All rows are prime, and the matrix is symmetric.

This trace demonstrates the core invariant. Earlier rows completely determine the beginning of every future row.

Complexity Analysis

Measure Complexity Explanation
Time O(number of reachable DFS states) Every recursive branch corresponds to a valid prefix-compatible construction
Space O(P) Storage for all padded prime strings and prefix groups

The preprocessing handles fewer than 100000 integers, which is trivial. The DFS depth is at most 5, and prefix pruning removes almost all branches immediately. This easily fits within the 3 second limit.

Test Cases

# helper: run solution on input string, return output string
import sys, io
from collections import defaultdict

def run(inp: str) -> str:
    sys.stdin = io.StringIO(inp)
    input = sys.stdin.readline

    LIMIT = 100000

    is_prime = [True] * LIMIT
    is_prime[0] = is_prime[1] = False

    for i in range(2, int(LIMIT ** 0.5) + 1):
        if is_prime[i]:
            for j in range(i * i, LIMIT, i):
                is_prime[j] = False

    prefix = [defaultdict(list) for _ in range(6)]

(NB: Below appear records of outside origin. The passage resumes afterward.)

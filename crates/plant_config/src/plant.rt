//! The plant, its parts and their names.

ghost use Rattle.std.specs.Prelude.{◌≡◌, ◌<◌, ◌++◌, None, Some, get_or, length, map, option_map, position, string_bytes, IfSome, IfOk, IfErr, MatchResult};
ghost use Rattle.std.specs.List.{list_any};
ghost use Rattle.plant_types.specs.Words.{same_word};
ghost use Rattle.st_parser.specs.Units.{view_unit};
ghost use Rattle.plant_file.specs.Read.{plant_file_in};
ghost use Rattle.vm_logic.specs.declared.headings.Heading.{Heading};
ghost use Rattle.plant_config.specs.Files.{files_of, texts_of};
ghost use Rattle.alarm_db.specs.Databases.{IsDatabase, first_fault, rows_of, tags_of as database_tags};
ghost use Rattle.vm_logic.specs.Counts.{program_costs};
ghost use Rattle.plant_file.specs.PlantFiles.{IsPlantFile};
ghost use Rattle.plant_config.specs.Logics.{AreKnown, HasLogic};
ghost use Rattle.plant_config.specs.Plants.{PlainPlant, IsPlant, plant_with, tags_of};
ghost use Rattle.plant_config.specs.Orderers.{has_area, SayWho};
ghost use Rattle.plant_config.specs.Stages.{Accepted, AreParts, HasEpoch, HasUnits, IsLimited, IsWellFormed};
ghost use Rattle.plant_config.specs.Refusals.{IsFileFault, IsRefused};
ghost use Rattle.plant_config.specs.declared.fault.ConfigFault.TheVariants as fault;
ghost use Rattle.plant_config.specs.Names.{alarm_number, globals_of, global_number, program_number, programs_of, program_at, body_paths, body_path, tag_of, area_of, global_of, priority_of};

use crate::epoch::epoch_of;
use crate::fault::ConfigFault;
use crate::files::{Files, Handed, file_of, files_of, listed};
use crate::observer::{Nobody, Observer};
use crate::orderers::{is_orderer, limited_orderers, orderers_in};
use crate::rows::{AlarmRow, copy_rows};
use crate::running::{database_of, known_alarms, logic_of};
use crate::spelling::{refused, units_of};
use alarm_db::Tags;
use base_stamps::Epoch;
use plant_file::{ListedConsole, PlantFile};
use plant_types::{Items, same_word};
use st_parser::Unit;
use std::alloc::{AllocError, Global};
use std::marker::Model;
use std::thread::Threads;
use vm_logic::{Framed, Heading, Typed, Variable, check};

/// An accepted plant. Its areas, alarms, globals and programs are numbered from 0: areas as the plant file lists them, alarms in the order of the
/// database, globals and programs in the order of the sources and, in a source, of its text.
pub struct Plant {
    file: PlantFile,
    epoch: Epoch,
    logic: Framed,
    alarms: Vec<AlarmRow>,
    tags: Tags,
    /// Of each area the numbers of the consoles that may order its alarms.
    orderers: Vec<Items<u32>>,
}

    for x in range(2, LIMIT):
        if not is_prime[x]:
            continue

        s = str(x)

        for length in range(len(s), 6):
            padded = s.zfill(length)

            for k in range(length + 1):
                prefix[length][padded[:k]].append(padded)

    t = int(input())
    out = []

    for _ in range(t):
        first = input().strip()
        n = len(first)

        rows = [first]
        ans = 0

        def dfs(k):
            nonlocal ans

            if k == n:
                ans += 1
                return

            need = ''.join(rows[j][k] for j in range(k))

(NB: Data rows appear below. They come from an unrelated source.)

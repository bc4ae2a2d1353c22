//! Laws of the definitions. These functions do nothing; each has a law as its contract, for the crates above.

ghost use Rattle.std.specs.List.{All};
ghost use Rattle.std.specs.Prelude.{◌≡◌, ℕ, ℤ, Bool, true, List, Option, Some, Ok};
ghost use Rattle.plant_types.specs.Values.{is_in_range};
ghost use Rattle.plant_types.specs.declared.values.Kind.{Kind};
ghost use Rattle.plant_types.specs.declared.values.Kind.TheVariants as kind;
ghost use Rattle.st_tree.specs.Constants.{constant_of};
ghost use Rattle.st_tree.specs.Controls.{control_values, CountsToBound};
ghost use Rattle.st_tree.specs.Fits.{Context, all_fit, controls_fit};
ghost use Rattle.st_tree.specs.Kinds.{unary_kind, binary_kind, Sorts, KindsOf, AreSorts, kind_of_expr, kind_in};
ghost use Rattle.st_tree.specs.Alike.{renamed_space};
ghost use Rattle.st_tree.specs.Mapping.{mapped_body, renaming};
ghost use Rattle.st_tree.specs.Meaning.{Space, ValuesOf, value_of, run_all};
ghost use Rattle.st_tree.specs.Operators.{Outcome, eval_unary, eval_binary};
ghost use Rattle.st_tree.specs.Plain.{PlainExpr, PlainBody};
ghost use Rattle.st_tree.specs.Ranges.{IsInvariant, Leaves, AreInRange};
ghost use Rattle.st_tree.specs.declared.controls.Span.{Span};
ghost use Rattle.st_tree.specs.declared.tree.Unary.{Unary};
ghost use Rattle.st_tree.specs.declared.tree.Binary.{Binary};

/// Where `kind_of_expr` finds a kind, `kind_in` gives the same one, if both have the same kinds of the variables, elements and outputs.
/// So in a program without faults each operator is resolved by the kind that its operands have.
pub fn kind_of_expr_is_kind_in()
    ensures { (sorts : Sorts (List ℕ)) (kinds : KindsOf (List ℕ)) → AreSorts sorts kinds
        → (e : PlainExpr (List ℕ)) (k : Kind) → kind_of_expr sorts e ≡ Some k → kind_in kinds e ≡ k }
{}

/// The outcome of a constant expression is its value, whatever its variables, elements and outputs hold.
pub fn constant_of_is_value_of<V>()
    ensures { (e : PlainExpr V) (outcome : Outcome) → constant_of e ≡ Some outcome
        → (values : ValuesOf V) → value_of values e ≡ outcome }
{}

/// The control values of a FOR are from, from + step, .. as long as they are not past the bound, in order, and no others (IEC 61131-3).
/// By a step above 0 they are at most the bound, by one below 0 at least the bound; by the step 0 there are none.
pub fn control_values_count_to_bound()
    ensures are { (span : Span) → CountsToBound span span.from (control_values span) }
    ensures only { (span : Span) (values : List ℤ) → CountsToBound span span.from values
        → values ≡ control_values span }
{}

/// The result of an operator is in the range of its kind, by operands of kinds that it takes. Only MOD asks that its left operand is in the range of its kind.
pub fn operators_stay_in_range()
    ensures unary { (op : Unary) (a r : Kind) (x n : ℤ) → unary_kind op a ≡ Some r
        → eval_unary op x ≡ Ok n → is_in_range r n ≡ true }
    ensures binary { (op : Binary) (a b r : Kind) (x y n : ℤ) → binary_kind op a b ≡ Some r
        → is_in_range a x ≡ true → eval_binary op x y ≡ Ok n → is_in_range r n ≡ true }
{}

/// The value of an expression is in the range of its kind, if the values of its variables, of its elements and of its outputs are in the ranges of theirs.
pub fn value_stays_in_range<V>()
    ensures { (sorts : Sorts V) (values : ValuesOf V) → AreInRange sorts values
        → (e : PlainExpr V) (k : Kind) (n : ℤ) → kind_of_expr sorts e ≡ Some k → value_of values e ≡ Ok n
        → is_in_range k n ≡ true }
{}

/// The control values of a FOR whose bounds are DINTs are DINTs: none is past the range, whatever the step.
pub fn control_values_stay_in_range()
    ensures { (span : Span) → is_in_range kind.Dint span.from ≡ true
        → is_in_range kind.Dint span.to ≡ true
        → All (λ n. is_in_range kind.Dint n ≡ true) (control_values span) }
{}

/// A body whose kinds are right keeps each invariant that gives its variables and outputs the ranges of their kinds, be it to a trap.
/// `run_all_keeps` of `proofs/RunLaws.antt` says the same of any fact of worlds that is no test.
pub fn run_stays_in_range<V, W>()
    ensures { (context : Context V) (space : Space V W) (holds : W → Bool)
        → IsInvariant context space (λ w. holds w ≡ true) → (body : PlainBody V)
        → all_fit context body ≡ true → controls_fit context body ≡ true → (w : W) → holds w ≡ true
        → Leaves (λ u. holds u ≡ true) (run_all space body w) }
{}

/// A body with other names does what the body does where each of its names means what the other one means.
pub fn renamed_body_does_same<V, W, A>()
    ensures { (f : V → W) (space : Space W A) (body : PlainBody V) (w : A)
        → run_all (renamed_space f space) body w ≡ run_all space (mapped_body (renaming f) body) w }
{}
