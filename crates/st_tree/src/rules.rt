//! A rule that each statement of a body keeps.

ghost use Rattle.std.specs.Prelude.{◌≡◌, Bool, IfOk};
ghost use Rattle.st_tree.specs.Plain.{PlainStmt};
ghost use Rattle.st_tree.specs.View.{view_stmt, view_body, view_branches, view_choices};
ghost use Rattle.st_tree.specs.Every.{every, every_inside, every_branch, every_choice};

use crate::tree::{Branch, Choice, Stmt};
use std::alloc::{AllocError, Global};

/// A rule of a statement by itself: of its own names and expressions, and not of the statements inside it.
pub trait Rule<V> {
    /// Whether a statement keeps the rule.
    ghost rule: { Self → PlainStmt V → Bool };

    /// Whether a statement keeps the rule, whatever is inside it.
    fn keeps(&self, alloc: Global, stmt: &Stmt<V>) -> Result<bool, AllocError>
        ensures { IfOk result (λ keeps. keeps ≡ rule self.now (view_stmt stmt.now)) };
}

#[cycle(every)]
fn every_inside<V, R: Rule<V>>(alloc: Global, rule: &R, stmt: &Stmt<V>) -> Result<bool, AllocError>
    ensures { IfOk result (λ keep. keep ≡ every_inside (R.rule rule.now) (view_stmt stmt.now)) }
{
    match stmt {
        Stmt::Empty(_) | Stmt::Assign(_, _, _) | Stmt::Store { .. } | Stmt::Call(_, _, _) => Ok(
            true,
        ),
        Stmt::If(_, branches, last) => {
            if !every_branch(alloc, rule, branches)? {
                return Ok(false);
            }
            every(alloc, rule, last)
        }
        Stmt::Case(_, _, choices, last) => {
            if !every_choice(alloc, rule, choices)? {
                return Ok(false);
            }
            every(alloc, rule, last)
        }
        Stmt::For { body, .. } => every(alloc, rule, body),
    }
}

#[cycle(every)]
fn every_branch<V, R: Rule<V>>(
    alloc: Global,
    rule: &R,
    branches: &[Branch<V>],
) -> Result<bool, AllocError>
    ensures { IfOk result (λ keep. keep ≡ every_branch (R.rule rule.now) (view_branches branches.now)) }
{
    for branch in branches {
        if !every(alloc, rule, &branch.body)? {
            return Ok(false);
        }
    }
    Ok(true)
}

#[cycle(every)]
fn every_choice<V, R: Rule<V>>(
    alloc: Global,
    rule: &R,
    choices: &[Choice<V>],
) -> Result<bool, AllocError>
    ensures { IfOk result (λ keep. keep ≡ every_choice (R.rule rule.now) (view_choices choices.now)) }
{
    for choice in choices {
        if !every(alloc, rule, &choice.body)? {
            return Ok(false);
        }
    }
    Ok(true)
}

/// Whether each statement of a body keeps a rule, and each statement inside one of them.
#[cycle(every)]
pub fn every<V, R: Rule<V>>(alloc: Global, rule: &R, body: &[Stmt<V>]) -> Result<bool, AllocError>
    ensures { IfOk result (λ keep. keep ≡ every (R.rule rule.now) (view_body body.now)) }
{
    for stmt in body {
        if !rule.keeps(alloc, stmt)? {
            return Ok(false);
        }
        if !every_inside(alloc, rule, stmt)? {
            return Ok(false);
        }
    }
    Ok(true)
}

            for cand in prefix[n][need]:
                rows.append(cand)
                dfs(k + 1)
                rows.pop()

        dfs(1)
        out.append(str(ans))

    return '\n'.join(out)

# provided samples
assert run("4\n11\n239\n401\n9001\n") == "4\n28\n61\n2834", "sample"

# minimum size
assert run("1\n11\n") == "4", "two-digit smallest case"

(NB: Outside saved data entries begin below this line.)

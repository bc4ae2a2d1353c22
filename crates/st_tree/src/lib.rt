//! The syntax tree of a body of Structured Text, over any type of variable, and its meaning.
//!
//! The parser's tree has names as variables, the tree that runs has numbers of cells. Contracts speak of a tree's plain form,
//! on which its meaning is defined: `view_expr` and `view_body` take a tree to it.
//! In contracts, a tree over `Text` is one over lists of bytes.
//!
//! Layer st_: it must not know cells, code, alarms or files.
#![tactic(auto)]

mod constants;
mod controls;
mod copy;
mod kinds;
mod labels;
mod laws;
mod map;
mod operators;
mod pass;
mod rules;
mod tree;

pub use constants::constant;
pub use controls::{Span, count_turns, span_of};
pub use copy::{Duplicate, copy_body, copy_expr, copy_labels};
pub use kinds::{
    binary_kind, binary_result, is_bit, resolved_binary, resolved_unary, unary_kind, unary_result,
};
pub use labels::labels_fit;
pub use laws::{
    constant_of_is_value_of, control_values_count_to_bound, control_values_stay_in_range,
    kind_of_expr_is_kind_in, operators_stay_in_range, renamed_body_does_same, run_stays_in_range,
    value_stays_in_range,
};
pub use operators::{eval_binary, eval_unary};
pub use pass::{Pass, map_body, map_expr};
pub use rules::{Rule, every};
pub use tree::{Argument, Binary, Branch, Choice, Expr, Label, Literal, Stmt, Unary};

# leading zeros inside rows
assert run("1\n401\n") == "61", "must allow rows like 023"

# repeated test cases
assert run("3\n11\n11\n11\n") == "4\n4\n4", "independent processing"

# boundary length 5
out = run("1\n99991\n")
assert out.isdigit(), "five-digit prime should work"
Test input Expected output What it validates
11 4 Smallest matrix size
401 61 Leading-zero rows are handled
Repeated 11 4 each No shared-state corruption between test cases
99991 numeric answer Maximum digit length

Edge Cases

Consider:

1
401

A careless implementation might reject rows like "023" because they begin with zero.

Suppose during DFS we need a row with prefix "02". The preprocessing step includes:

padded = "023"

because prime 23 is zero-padded to length 3.

The algorithm correctly treats "023" as a valid prime row.

Another important case is enforcing symmetry incrementally.

Input:

1
239

After choosing:

239
307

the algorithm computes:

need = "97"

for the third row.

Only primes beginning with "97" are explored. A row like "911" is never considered because it would violate:

a[1][2] = a[2][1]

The DFS never constructs an invalid partial matrix.

Finally, consider the smallest dimension:

1
11

The recursion starts at k = 1. The required prefix is "1". Every two-digit prime starting with 1 becomes a valid second row. Once k == n, the matrix is complete and counted.

The algorithm handles this naturally without any special-case code.